→ Task requirements
Whichever lines of the material contain "StreamSpec", copy each of them.
══ Data shown ══
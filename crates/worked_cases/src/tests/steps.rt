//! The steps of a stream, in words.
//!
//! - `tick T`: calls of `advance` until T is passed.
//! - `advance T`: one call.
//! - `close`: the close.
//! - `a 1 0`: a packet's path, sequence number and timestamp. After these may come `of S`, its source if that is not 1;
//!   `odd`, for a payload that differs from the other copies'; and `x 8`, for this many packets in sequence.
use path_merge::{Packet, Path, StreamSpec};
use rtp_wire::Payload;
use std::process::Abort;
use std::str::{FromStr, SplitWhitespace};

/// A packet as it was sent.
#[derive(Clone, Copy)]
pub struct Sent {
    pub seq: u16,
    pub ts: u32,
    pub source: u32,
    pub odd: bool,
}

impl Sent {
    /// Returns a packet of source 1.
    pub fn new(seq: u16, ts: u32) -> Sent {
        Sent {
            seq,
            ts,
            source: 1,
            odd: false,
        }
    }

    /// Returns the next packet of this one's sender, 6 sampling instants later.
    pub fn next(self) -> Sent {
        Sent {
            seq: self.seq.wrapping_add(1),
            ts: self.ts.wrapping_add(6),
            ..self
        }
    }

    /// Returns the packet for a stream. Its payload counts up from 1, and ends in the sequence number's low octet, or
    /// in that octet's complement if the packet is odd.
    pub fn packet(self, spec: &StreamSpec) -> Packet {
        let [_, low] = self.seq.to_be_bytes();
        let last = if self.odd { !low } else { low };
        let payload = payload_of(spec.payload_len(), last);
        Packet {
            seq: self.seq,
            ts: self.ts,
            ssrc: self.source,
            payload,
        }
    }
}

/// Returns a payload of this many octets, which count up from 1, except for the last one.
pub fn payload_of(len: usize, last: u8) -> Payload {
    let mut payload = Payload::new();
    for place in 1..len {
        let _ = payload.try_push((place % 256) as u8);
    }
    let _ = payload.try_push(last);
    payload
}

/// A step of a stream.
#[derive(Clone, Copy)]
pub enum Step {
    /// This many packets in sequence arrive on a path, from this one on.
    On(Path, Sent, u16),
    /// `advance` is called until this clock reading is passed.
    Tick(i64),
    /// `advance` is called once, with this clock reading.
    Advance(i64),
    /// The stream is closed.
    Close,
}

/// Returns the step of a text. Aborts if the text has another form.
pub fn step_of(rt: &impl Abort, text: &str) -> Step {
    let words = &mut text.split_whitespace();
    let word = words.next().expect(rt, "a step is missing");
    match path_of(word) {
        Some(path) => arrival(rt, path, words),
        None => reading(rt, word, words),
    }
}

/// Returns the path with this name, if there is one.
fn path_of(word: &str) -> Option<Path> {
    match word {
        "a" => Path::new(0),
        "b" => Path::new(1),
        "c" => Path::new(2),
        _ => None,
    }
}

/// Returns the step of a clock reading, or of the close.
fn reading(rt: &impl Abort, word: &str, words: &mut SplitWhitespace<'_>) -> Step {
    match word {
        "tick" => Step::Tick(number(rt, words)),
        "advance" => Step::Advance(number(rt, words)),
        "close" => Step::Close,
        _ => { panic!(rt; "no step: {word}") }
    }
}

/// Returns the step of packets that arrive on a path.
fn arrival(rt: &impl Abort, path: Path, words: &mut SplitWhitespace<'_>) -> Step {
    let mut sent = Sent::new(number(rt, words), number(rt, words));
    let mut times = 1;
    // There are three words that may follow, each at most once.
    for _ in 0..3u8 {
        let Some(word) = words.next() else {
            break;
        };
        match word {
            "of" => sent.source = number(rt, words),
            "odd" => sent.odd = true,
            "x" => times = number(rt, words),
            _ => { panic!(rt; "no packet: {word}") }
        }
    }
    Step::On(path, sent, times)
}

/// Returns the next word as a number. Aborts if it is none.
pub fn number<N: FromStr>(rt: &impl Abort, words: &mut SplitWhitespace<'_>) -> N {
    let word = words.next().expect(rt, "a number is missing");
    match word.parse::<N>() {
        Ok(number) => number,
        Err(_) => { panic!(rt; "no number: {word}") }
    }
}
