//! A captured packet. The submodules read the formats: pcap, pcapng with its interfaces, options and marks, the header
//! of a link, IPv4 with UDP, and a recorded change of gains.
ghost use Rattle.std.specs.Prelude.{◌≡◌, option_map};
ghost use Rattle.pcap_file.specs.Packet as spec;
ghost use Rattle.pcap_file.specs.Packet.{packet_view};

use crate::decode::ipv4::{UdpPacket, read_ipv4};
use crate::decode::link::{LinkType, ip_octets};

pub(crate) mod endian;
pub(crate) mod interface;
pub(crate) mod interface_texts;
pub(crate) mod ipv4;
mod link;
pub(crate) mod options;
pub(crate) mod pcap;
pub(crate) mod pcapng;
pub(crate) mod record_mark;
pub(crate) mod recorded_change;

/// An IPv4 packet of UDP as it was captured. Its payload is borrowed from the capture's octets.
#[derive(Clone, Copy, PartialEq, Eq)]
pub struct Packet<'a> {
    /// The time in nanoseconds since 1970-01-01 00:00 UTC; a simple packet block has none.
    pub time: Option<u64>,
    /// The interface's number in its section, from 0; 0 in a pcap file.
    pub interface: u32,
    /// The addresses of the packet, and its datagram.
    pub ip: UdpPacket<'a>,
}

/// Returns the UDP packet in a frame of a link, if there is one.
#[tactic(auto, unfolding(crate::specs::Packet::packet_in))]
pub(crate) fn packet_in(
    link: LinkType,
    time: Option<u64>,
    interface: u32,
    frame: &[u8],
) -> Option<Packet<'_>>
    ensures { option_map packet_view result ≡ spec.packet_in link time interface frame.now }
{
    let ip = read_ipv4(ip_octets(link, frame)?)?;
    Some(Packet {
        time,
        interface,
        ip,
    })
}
═══
══ Data shown ══
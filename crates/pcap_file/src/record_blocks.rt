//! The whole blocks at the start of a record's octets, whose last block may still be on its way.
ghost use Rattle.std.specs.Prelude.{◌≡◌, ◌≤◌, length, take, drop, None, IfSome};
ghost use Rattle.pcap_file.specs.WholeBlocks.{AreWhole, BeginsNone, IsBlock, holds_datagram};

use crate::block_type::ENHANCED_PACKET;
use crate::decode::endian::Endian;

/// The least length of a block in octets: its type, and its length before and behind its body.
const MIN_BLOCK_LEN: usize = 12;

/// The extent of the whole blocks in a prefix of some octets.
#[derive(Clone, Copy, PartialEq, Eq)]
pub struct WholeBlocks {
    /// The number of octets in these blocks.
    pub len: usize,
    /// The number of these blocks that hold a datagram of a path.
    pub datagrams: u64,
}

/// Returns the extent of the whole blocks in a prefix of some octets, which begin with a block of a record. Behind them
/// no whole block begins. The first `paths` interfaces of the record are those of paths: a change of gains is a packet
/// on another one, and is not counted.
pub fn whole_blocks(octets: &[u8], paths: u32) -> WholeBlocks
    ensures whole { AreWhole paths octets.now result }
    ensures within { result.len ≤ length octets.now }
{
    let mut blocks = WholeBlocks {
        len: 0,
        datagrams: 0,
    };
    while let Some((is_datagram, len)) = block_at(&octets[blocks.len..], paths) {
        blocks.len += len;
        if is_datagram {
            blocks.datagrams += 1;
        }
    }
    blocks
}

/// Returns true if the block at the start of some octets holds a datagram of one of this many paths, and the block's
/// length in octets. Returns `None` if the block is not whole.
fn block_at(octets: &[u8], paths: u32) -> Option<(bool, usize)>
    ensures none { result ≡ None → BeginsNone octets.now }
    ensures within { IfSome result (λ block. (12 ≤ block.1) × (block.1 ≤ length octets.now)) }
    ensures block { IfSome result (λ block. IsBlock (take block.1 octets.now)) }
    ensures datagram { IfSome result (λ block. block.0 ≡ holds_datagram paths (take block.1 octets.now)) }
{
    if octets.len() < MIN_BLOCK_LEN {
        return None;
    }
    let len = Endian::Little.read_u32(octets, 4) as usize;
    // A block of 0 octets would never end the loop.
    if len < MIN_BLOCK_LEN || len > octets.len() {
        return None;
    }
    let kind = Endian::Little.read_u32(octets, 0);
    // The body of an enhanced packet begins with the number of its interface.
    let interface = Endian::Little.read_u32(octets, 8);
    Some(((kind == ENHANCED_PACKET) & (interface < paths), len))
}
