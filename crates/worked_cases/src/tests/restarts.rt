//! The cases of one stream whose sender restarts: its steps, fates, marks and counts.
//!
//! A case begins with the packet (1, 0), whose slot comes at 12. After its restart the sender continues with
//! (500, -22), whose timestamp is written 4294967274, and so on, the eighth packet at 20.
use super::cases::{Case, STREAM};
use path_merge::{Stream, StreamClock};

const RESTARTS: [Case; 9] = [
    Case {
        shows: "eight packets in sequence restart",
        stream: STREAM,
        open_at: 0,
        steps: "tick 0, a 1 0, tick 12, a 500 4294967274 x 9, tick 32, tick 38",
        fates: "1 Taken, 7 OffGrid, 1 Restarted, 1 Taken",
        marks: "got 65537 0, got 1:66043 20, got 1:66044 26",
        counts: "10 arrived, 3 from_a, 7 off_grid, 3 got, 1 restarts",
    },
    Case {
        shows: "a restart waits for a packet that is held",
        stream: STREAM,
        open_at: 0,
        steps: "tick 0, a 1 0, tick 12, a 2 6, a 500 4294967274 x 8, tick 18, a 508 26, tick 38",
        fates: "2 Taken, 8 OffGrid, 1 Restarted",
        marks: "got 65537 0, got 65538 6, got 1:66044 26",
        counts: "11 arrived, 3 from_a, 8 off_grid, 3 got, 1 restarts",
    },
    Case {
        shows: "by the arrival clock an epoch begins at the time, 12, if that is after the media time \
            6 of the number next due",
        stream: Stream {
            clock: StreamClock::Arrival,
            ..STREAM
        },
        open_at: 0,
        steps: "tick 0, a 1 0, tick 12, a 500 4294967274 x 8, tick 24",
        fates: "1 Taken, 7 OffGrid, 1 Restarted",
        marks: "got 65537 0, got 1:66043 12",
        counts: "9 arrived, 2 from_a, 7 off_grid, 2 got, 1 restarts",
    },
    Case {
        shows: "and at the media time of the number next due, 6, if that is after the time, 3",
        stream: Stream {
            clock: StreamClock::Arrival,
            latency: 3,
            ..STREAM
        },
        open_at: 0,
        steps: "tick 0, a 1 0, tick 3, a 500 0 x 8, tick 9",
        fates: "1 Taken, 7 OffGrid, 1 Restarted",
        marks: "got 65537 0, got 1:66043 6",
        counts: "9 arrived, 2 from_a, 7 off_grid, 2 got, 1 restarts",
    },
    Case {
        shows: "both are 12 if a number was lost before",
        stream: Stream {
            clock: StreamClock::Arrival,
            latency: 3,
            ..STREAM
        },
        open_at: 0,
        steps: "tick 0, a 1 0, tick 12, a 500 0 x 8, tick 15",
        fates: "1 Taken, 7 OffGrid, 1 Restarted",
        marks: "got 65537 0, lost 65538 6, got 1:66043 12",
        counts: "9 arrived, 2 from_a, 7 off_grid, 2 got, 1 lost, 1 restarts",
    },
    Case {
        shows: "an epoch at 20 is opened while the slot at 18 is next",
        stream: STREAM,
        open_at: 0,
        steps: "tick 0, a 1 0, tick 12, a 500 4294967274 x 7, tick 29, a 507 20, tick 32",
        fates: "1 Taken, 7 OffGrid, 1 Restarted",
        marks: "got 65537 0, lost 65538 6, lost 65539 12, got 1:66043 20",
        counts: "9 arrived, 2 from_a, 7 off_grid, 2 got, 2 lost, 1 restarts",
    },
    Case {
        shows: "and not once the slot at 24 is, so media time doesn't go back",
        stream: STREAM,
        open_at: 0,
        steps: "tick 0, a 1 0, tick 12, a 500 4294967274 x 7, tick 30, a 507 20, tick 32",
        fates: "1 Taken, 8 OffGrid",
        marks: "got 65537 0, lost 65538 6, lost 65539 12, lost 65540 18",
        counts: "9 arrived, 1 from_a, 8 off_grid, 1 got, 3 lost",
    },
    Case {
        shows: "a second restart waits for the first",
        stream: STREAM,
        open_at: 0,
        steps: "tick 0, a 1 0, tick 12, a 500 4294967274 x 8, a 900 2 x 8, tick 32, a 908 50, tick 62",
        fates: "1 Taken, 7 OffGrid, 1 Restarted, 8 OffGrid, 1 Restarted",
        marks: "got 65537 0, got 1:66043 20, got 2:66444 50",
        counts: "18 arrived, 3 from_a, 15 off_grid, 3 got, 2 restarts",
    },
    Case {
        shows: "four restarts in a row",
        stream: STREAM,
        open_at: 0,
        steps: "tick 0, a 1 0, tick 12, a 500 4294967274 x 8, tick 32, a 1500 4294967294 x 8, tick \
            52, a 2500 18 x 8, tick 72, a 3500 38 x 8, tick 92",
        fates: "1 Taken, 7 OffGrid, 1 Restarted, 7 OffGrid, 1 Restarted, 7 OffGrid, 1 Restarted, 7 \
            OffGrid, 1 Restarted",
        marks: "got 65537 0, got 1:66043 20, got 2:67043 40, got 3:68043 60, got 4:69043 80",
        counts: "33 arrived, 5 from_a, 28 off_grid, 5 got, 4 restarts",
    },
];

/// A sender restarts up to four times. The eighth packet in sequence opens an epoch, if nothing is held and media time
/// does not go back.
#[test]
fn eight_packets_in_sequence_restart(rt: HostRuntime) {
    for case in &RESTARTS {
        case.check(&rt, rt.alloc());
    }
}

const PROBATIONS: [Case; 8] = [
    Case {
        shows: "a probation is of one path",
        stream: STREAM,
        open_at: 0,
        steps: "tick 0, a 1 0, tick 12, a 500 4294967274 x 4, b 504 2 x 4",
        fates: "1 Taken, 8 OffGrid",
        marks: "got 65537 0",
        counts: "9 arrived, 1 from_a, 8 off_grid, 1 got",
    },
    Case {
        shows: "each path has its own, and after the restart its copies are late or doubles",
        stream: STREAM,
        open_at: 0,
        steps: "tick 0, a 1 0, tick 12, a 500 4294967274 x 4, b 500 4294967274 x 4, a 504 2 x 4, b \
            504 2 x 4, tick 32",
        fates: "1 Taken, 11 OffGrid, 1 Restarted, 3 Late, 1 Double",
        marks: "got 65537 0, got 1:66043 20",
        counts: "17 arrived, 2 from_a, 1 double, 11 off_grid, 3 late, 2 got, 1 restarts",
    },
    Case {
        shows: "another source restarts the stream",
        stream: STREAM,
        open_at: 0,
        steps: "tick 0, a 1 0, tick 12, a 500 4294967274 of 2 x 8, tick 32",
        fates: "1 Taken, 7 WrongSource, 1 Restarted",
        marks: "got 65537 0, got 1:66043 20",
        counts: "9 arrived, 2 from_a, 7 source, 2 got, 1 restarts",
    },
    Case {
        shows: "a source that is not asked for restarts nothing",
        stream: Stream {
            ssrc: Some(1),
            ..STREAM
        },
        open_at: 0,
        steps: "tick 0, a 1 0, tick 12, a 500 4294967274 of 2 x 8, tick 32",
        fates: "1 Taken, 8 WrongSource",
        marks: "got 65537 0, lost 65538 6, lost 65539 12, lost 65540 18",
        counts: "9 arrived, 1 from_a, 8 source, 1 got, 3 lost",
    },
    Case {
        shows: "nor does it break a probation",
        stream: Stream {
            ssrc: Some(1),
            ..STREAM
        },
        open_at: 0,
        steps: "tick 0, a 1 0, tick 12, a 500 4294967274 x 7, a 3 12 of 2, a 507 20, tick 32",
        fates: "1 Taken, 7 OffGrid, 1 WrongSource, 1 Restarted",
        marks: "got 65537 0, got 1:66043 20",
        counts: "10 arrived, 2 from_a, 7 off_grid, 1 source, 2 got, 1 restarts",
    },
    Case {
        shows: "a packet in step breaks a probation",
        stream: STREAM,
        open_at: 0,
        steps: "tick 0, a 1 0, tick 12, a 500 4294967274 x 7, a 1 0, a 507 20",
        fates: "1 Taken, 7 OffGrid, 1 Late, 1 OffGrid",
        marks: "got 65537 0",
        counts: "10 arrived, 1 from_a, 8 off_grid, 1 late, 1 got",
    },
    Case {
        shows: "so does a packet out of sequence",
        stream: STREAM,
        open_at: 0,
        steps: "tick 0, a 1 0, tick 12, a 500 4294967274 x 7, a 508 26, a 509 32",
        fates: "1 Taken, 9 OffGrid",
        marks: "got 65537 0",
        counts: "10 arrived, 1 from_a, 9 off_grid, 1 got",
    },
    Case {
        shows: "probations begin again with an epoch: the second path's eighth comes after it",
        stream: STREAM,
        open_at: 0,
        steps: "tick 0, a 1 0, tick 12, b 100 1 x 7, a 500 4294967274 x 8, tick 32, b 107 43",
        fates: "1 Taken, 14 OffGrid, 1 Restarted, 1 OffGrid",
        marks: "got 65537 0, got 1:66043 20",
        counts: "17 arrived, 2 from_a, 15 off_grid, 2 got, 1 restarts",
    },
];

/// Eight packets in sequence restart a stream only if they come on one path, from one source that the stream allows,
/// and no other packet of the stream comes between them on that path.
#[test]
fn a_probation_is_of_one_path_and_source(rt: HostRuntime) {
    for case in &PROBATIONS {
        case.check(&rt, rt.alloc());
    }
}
═══
→ Solution for this problem
use path_merge::{Packet, Path, StreamSpec};
    pub fn packet(self, spec: &StreamSpec) -> Packet {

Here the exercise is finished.